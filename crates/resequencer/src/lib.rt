// The resequencer (document 01, "The resequencer"): it hands packets on in the order of their link
// sequence number SN, which wraps at 64. Each event takes the state by value and returns the next
// one. `Numbers` decides what an event does to NESN, HSNR and the two sets; `Resequencer` adds the
// tickets.
#![tactic(auto)]

ghost use Rattle.std.specs.Prelude.{◌≡◌, true, [], ◌++◌, ◌+◌, ◌^◌, ◌≤◌, ◌<◌, eqb, length, replicate};
ghost use Rattle.refusal.specs.Numbers.{check, refusal_number};
ghost use Rattle.refusal.specs.declared.Refusal.TheVariants.{NotInOrder};
ghost use Rattle.sequence.specs.Numbers.{link};
ghost use Rattle.wordset.specs.Sets.{member, every};
ghost use Rattle.resequencer.specs.State.{fresh_state, in_order};
ghost use Rattle.resequencer.specs.Events.{plain, places, hand_on, advance, starts_clock, hold, take_arrival, arrive_verdict, arrive_of, take_clock_end, clock_end_verdict, clock_end_of};
ghost use Rattle.resequencer.specs.Parts.{window_in_order, hsnr_in_order, ticket_fits, gather_stray, passed_numbers, tickets_left, hsnr_left, arrived_tickets, held_tickets_from};
ghost use Rattle.resequencer.specs.Numbers.{numbers_of, bare, numbers_in_order, step_by, arrive_step, clock_end_step, StepFits, step_answer};
ghost use Rattle.resequencer.specs.declared.Outcome.TheVariants.{Held};

use refusal::Refusal;
use sequence::{Counter, LinkNumber};

// The state. `nesn` is the next number expected. Bit n of `held` is 1 exactly if number n is held,
// and bit n of `clocks` exactly if its clock runs. `tickets[n]` is the ticket of the held number n.
// In good order `hsnr` is the held number furthest from NESN, or 0 if nothing is held, and the
// tickets of numbers not held are 0.
#[derive(Clone, Copy)]
pub struct Resequencer {
    pub nesn: LinkNumber,
    pub hsnr: LinkNumber,
    pub held: u64,
    pub clocks: u64,
    pub tickets: [u16; 64],
}

// What happened on an arrival or a clock end that is not refused. A clock end gives `HandedOn`.
#[derive(Clone, Copy, Debug, PartialEq, Eq)]
pub enum Outcome {
    Held,
    HandedOn,
    Old,
    Duplicate,
}

// The answer to an arrival or a clock end: the outcome or the refusal, the tickets handed on and the
// next state.
// The first `count` places of `tickets` are the tickets handed on, in order; the other places are
// 0. The library uses no heap, so that a list of any length is an array with its count.
#[derive(Clone, Copy)]
pub struct Answer {
    pub outcome: Result<Outcome, Refusal>,
    pub count: u8,
    pub tickets: [u16; 32],
    pub next: Resequencer,
}

// A state without its tickets. `Resequencer` decides each event on it. It is public, with its
// calls, for `resequencer_bytes`, which keeps the tickets in lent bytes; it is not meant for other
// callers and is part of no promise to users.
#[derive(Clone, Copy)]
pub struct Numbers {
    pub nesn: LinkNumber,
    pub hsnr: LinkNumber,
    pub held: u64,
    pub clocks: u64,
}

// What an arrival or a clock end does to a `Numbers`: the outcome, the next `Numbers`, and by how
// much NESN went up (`passed`). Public for `resequencer_bytes`, as `Numbers` is; not meant for
// other callers.
#[derive(Clone, Copy)]
pub struct Step {
    pub outcome: Result<Outcome, Refusal>,
    pub next: Numbers,
    pub passed: u8,
}

// Whether the two sets meet the clauses of good order that concern them alone, tested on whole
// words. `h` and `c` are the held set and the clock set rotated so that bit d is the number at
// distance d from NESN. Held numbers are at distance 1 to 31, which means that `h` is even and
// below 2^32; every clock is on a held number; no two clocks are on neighbours.
fn window_in_order(h: u64, c: u64) -> bool
    ensures { result ≡ window_in_order h c }
{
    h % 2 == 0 && (h < 4294967296 && (wordset::difference(c, h) == 0 && c & (c << 1) == 0))
}

// Whether HSNR, at distance `e` from NESN, meets the clauses of good order: HSNR is 0 if nothing is
// held; else it is the furthest held number, and a clock runs in the unbroken run of held numbers
// that ends at it. Such a clock exists exactly if adding `h` and `c` carries out of bit `e`.
fn hsnr_in_order(h: u64, c: u64, e: u8, hsnr: LinkNumber) -> bool
    requires { (e < 64) × (h + c < 2 ^ 64) }
    ensures { result ≡ hsnr_in_order h c e hsnr.0 }
{
    if h == 0 {
        hsnr.0 == 0
    } else {
        hsnr.in_field() && (h >> e == 1 && 2 <= (h + c) >> e)
    }
}
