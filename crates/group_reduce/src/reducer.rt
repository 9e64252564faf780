//! How the state of one group is kept.
ghost use Rattle.std.specs.Prelude.{◌≡◌, ◌≢◌, ◌<◌, ℕ, Bool, true, [], length, None, IsOk, OnOk, OnErr, IfOk};
ghost use Rattle.std.specs.Option.{ForSome};
ghost use Rattle.col_core.specs.declared.data_type.DataType.{DataType};
ghost use Rattle.col_core.specs.Lent.{lent_leaf};
ghost use Rattle.col_core.specs.Values.{value_at, Fits};
ghost use Rattle.reduce_model.specs.declared.kind.ReductionKind.{ReductionKind};
ghost use Rattle.reduce_model.specs.declared.kind.ReductionKind.TheVariants.{Sum};
ghost use Rattle.reduce_states.specs.States.{State};
ghost use Rattle.group_reduce.specs.Reducing.{TakesOne, TakesAll, Merges, AllFit, AreFinished, all_shown};

use col_arrays::MutableBitmap;
use col_core::{DataType, LeafRef, Series};
use std::alloc::{AllocError, Global};

/// How the state of one group is kept as a value. Sequence numbers are at least 1, and 0 means that
/// nothing entered. Where `FIXED` no call but `finish` wants memory.
pub trait Reducer: Copy {
    /// A kept state.
    type Value: Drop;

    /// Whether values and states enter without memory.
    const FIXED: bool;

    ghost FIXED: { Bool };

    // The kind of the reduction.
    ghost kind: { ReductionKind };

    // A number that no other reducer of the kind has.
    ghost form: { ℕ };

    // Whether columns of a type can enter.
    ghost serves: { DataType → Bool };

    // Whether a kept value that stands for none stands for nothing else.
    ghost tells_none: { Bool };

    // Whether a kept value gives a value of a column type.
    ghost fits: { DataType → Self.Value → Bool };

    // Whether a kept value stands for a state.
    ghost stands: { Self.Value → State → Type 0 };

    /// The value that stands for none.
    fn init(&self) -> Self::Value
        ensures none { stands result None }
        ensures fits { (t : DataType) → fits t result ≡ true };

    /// State `b` enters state `a`. After `Err` the state is as it was.
    fn combine(&self, a: &mut Self::Value, b: &Self::Value) -> Result<(), AllocError>
        ensures ok { OnOk result (Merges stands kind a.old b.now a.new) }
        ensures fits { (t : DataType) → fits t a.old ≡ true → fits t b.now ≡ true → fits t a.new ≡ true }
        ensures err { OnErr result (a.new ≡ a.old) }
        ensures fixed { FIXED ≡ true → IsOk result };

    /// One item enters state `a`. After `Err` the state is as it was.
    fn reduce_one(&self, a: &mut Self::Value, b: LeafRef<'_>, seq_id: u64) -> Result<(), AllocError>
        requires number { 0 < seq_id }
        requires served { (t : DataType) × (serves t ≡ true) × Fits t (lent_leaf b) }
        ensures ok { OnOk result (TakesOne stands kind seq_id (lent_leaf b.entry) a.old a.new) }
        ensures fits { (t : DataType) → Fits t (lent_leaf b.entry) → fits t a.old ≡ true → fits t a.new ≡ true }
        ensures err { OnErr result (a.new ≡ a.old) }
        ensures fixed { FIXED ≡ true → IsOk result };

    /// `reduce_one` with item `i`.
    fn reduce_at(
        &self,
        a: &mut Self::Value,
        values: &Series,
        i: usize,
        seq_id: u64,
    ) -> Result<(), AllocError>
        requires number { 0 < seq_id }
        requires place { i < length values.now.values }
        requires served { serves values.now.dtype ≡ true }
        ensures ok { OnOk result (TakesOne stands kind seq_id (value_at values.now.values i) a.old a.new) }
        ensures fits { fits values.now.dtype a.old ≡ true → fits values.now.dtype a.new ≡ true }
        ensures err { OnErr result (a.new ≡ a.old) }
        ensures fixed { FIXED ≡ true → IsOk result }
    {
        self.reduce_one(a, values.leaf_ref(i), seq_id)
    }

    /// `reduce_one` over the items in order. After `Err` the state is as it was before all of them.
    fn reduce_ca(&self, v: &mut Self::Value, ca: &Series, seq_id: u64) -> Result<(), AllocError>
        requires number { 0 < seq_id }
        requires served { serves ca.now.dtype ≡ true }
        ensures ok { OnOk result (TakesAll stands kind seq_id ca.now.values v.old v.new) }
        ensures fits { fits ca.now.dtype v.old ≡ true → fits ca.now.dtype v.new ≡ true }
        ensures err { OnErr result (v.new ≡ v.old) }
        ensures fixed { FIXED ≡ true → IsOk result };

    /// A column with an empty name of the values that the states hold. An item is null where its
    /// state holds none, and where its bit of a given `m` is not set.
    fn finish(
        &self,
        alloc: Global,
        v: &[Self::Value],
        m: Option<&MutableBitmap>,
        dtype: DataType,
    ) -> Result<Series, AllocError>
        requires mask { ForSome m (λ bits. length bits.now ≡ length v.now) }
        requires served { serves dtype ≡ true }
        requires fit { AllFit fits dtype v.now }
        ensures name { IfOk result (λ s. s.name ≡ []) }
        ensures dtype { IfOk result (λ s. s.dtype ≡ dtype) }
        ensures plain { m.entry ≡ None → IfOk result (λ s. AreFinished stands tells_none v.now (all_shown (length v.now)) s.values) }
        ensures masked { ForSome m.entry (λ bits. IfOk result (λ s. AreFinished stands tells_none v.now bits.now s.values)) };

    ghost plain: { kind ≢ Sum };
}
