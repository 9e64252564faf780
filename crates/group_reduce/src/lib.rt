//! Reductions of groups: what they are, and the two representations that are generic in how a state is kept.
#![tactic(auto)]

mod entering;
mod grouped;
mod masked;
mod nulls;
mod reducer;
mod vectors;
mod wrapped;

pub use grouped::{GroupedReduction, Stated};
pub use masked::VecMaskGroupedReduction;
pub use nulls::NullGroupedReduction;
pub use reducer::Reducer;
pub use vectors::VecGroupedReduction;
pub use wrapped::{parts_in, wrap_all};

• [Activity]: Would you filter the records and copy out each line containing "length"?

• [Exercise answer]:
ghost use Rattle.std.specs.Prelude.{◌≡◌, true, [], ◌++◌, ◌+◌, ◌^◌, ◌≤◌, ◌<◌, eqb, length, replicate};
// 0. The library uses no heap, so that a list of any length is an array with its count.
ghost use Rattle.std.specs.Prelude.{◌≡◌, ◌≢◌, ◌<◌, ℕ, Bool, true, [], length, None, IsOk, OnOk, OnErr, IfOk};
        requires place { i < length values.now.values }
        requires mask { ForSome m (λ bits. length bits.now ≡ length v.now) }
        ensures plain { m.entry ≡ None → IfOk result (λ s. AreFinished stands tells_none v.now (all_shown (length v.now)) s.values) }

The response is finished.